### DIRECTIONS:
Pick out each line of the records in which the word "sessions" appears.

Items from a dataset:

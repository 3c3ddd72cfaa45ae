//! Laws over a set of ports, each the contract of a function that does nothing.

ghost use Rattle.rtsp_admit.specs.Addresses.{ShowsAddresses};
ghost use Rattle.rtsp_traits.specs.Has.{has, RefusalsKeepPorts, AdmissionsGainPorts};
ghost use Rattle.rtsp_traits.specs.PortSet.{calls};

use crate::port_set::PortSet;
use rtsp_admit::{law_admitted_address, law_refused_addresses};
use rtsp_book::Ask;

/// What a set has shows in its calls: a bind adds its ports, which it had not; a failed one changes
/// nothing; an unbind takes its ports away.
pub fn law_ports_show()
    ensures { ShowsAddresses calls has }
{}

/// After an admission that is refused a set has the ports that it had before, each under the same
/// admission.
pub fn law_refused_keeps_ports(ask: &Ask)
    ensures { RefusalsKeepPorts ask.now }
{
    law_ports_show();
    law_refused_addresses::<PortSet>(ask);
}

/// After an admission a set has the ports that it had and the granted ones, less those that the
/// Commit freed.
pub fn law_admitted_gains_ports(ask: &Ask)
    ensures { AdmissionsGainPorts ask.now }
{
    law_ports_show();
    law_admitted_address::<PortSet>(ask);
}
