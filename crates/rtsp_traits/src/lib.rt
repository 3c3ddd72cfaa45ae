//! What a server is lent from outside, as traits: a clock, a source of words, who learns of plays, and
//! who counts the sessions of each player. Two need nothing from outside: `no_shares`, by which
//! nobody is refused a session, and `port_set`, a binder that opens no socket.
//!
//! The traits stand below the engine that uses them, so that whoever implements them needn't stand
//! on the engine.
//! The definitions of `specs/`: Devices (what each call does), NoShares, PortSet (which ports are
//! bound), Has (what of that an admission changes).

#![tactic(auto)]

mod clock;
mod laws;
mod no_shares;
mod plays;
mod port_set;
mod shares;
mod words;

pub use clock::Clock;
pub use laws::{law_admitted_gains_ports, law_ports_show, law_refused_keeps_ports};
pub use no_shares::NoShares;
pub use plays::Plays;
pub use port_set::PortSet;
pub use shares::{ShareSpent, Shares};
pub use words::{Words, WordsFault};
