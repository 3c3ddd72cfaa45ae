//! Where the ids of sessions and the words of streams come from.

ghost use Rattle.std.specs.Prelude.{IfOk, OnErr};
ghost use Rattle.rtsp_traits.specs.Devices.{WordCalls, Gave, Lacked};

use thiserror::Error;

/// A word that can't be had.
#[derive(Clone, Copy, Debug, PartialEq, Eq, Error)]
#[error("no random word can be had")]
pub struct WordsFault;

/// A source of words. Its failures are counted.
pub trait Words {
    /// What each call gives and does, and how many have failed, up to the greatest `u64`.
    ghost calls: { WordCalls Self };

    /// The id of a session (RFC 7826 section 4.3).
    fn id(&mut self) -> Result<u128, WordsFault>
        ensures ok { IfOk result (λ word. Gave calls calls.ids word self.old self.new) }
        ensures err { OnErr result (Lacked calls self.old self.new) };

    /// The SSRC of a stream (RFC 3550 section 5.1).
    fn ssrc(&mut self) -> Result<u32, WordsFault>
        ensures ok { IfOk result (λ word. Gave calls calls.ssrcs word self.old self.new) }
        ensures err { OnErr result (Lacked calls self.old self.new) };

    /// The sequence number of a stream's first packet.
    fn seq(&mut self) -> Result<u16, WordsFault>
        ensures ok { IfOk result (λ word. Gave calls calls.seqs word self.old self.new) }
        ensures err { OnErr result (Lacked calls self.old self.new) };

    /// The timestamp of a stream's first packet.
    fn rtptime(&mut self) -> Result<u32, WordsFault>
        ensures ok { IfOk result (λ word. Gave calls calls.rtptimes word self.old self.new) }
        ensures err { OnErr result (Lacked calls self.old self.new) };
}
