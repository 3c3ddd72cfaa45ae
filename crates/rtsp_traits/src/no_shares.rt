//! Shares where no address has one.

use crate::shares::{ShareSpent, Shares};

/// No address has a share: each may have as many sessions as there are places for.
#[derive(Drop)]
pub struct NoShares;

impl Shares for NoShares {
    ghost use Rattle.rtsp_traits.specs.NoShares.{calls};

    ghost calls = { calls };

    fn take(&mut self, _peer: u32) -> Result<(), ShareSpent> {
        Ok(())
    }

    fn settle(&mut self, _opened: Option<u64>) {}
}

### RESPONSE BOX:
//! who counts the sessions of each player. Two need nothing from outside: `no_shares`, by which
//! Where the ids of sessions and the words of streams come from.
/// No address has a share: each may have as many sessions as there are places for.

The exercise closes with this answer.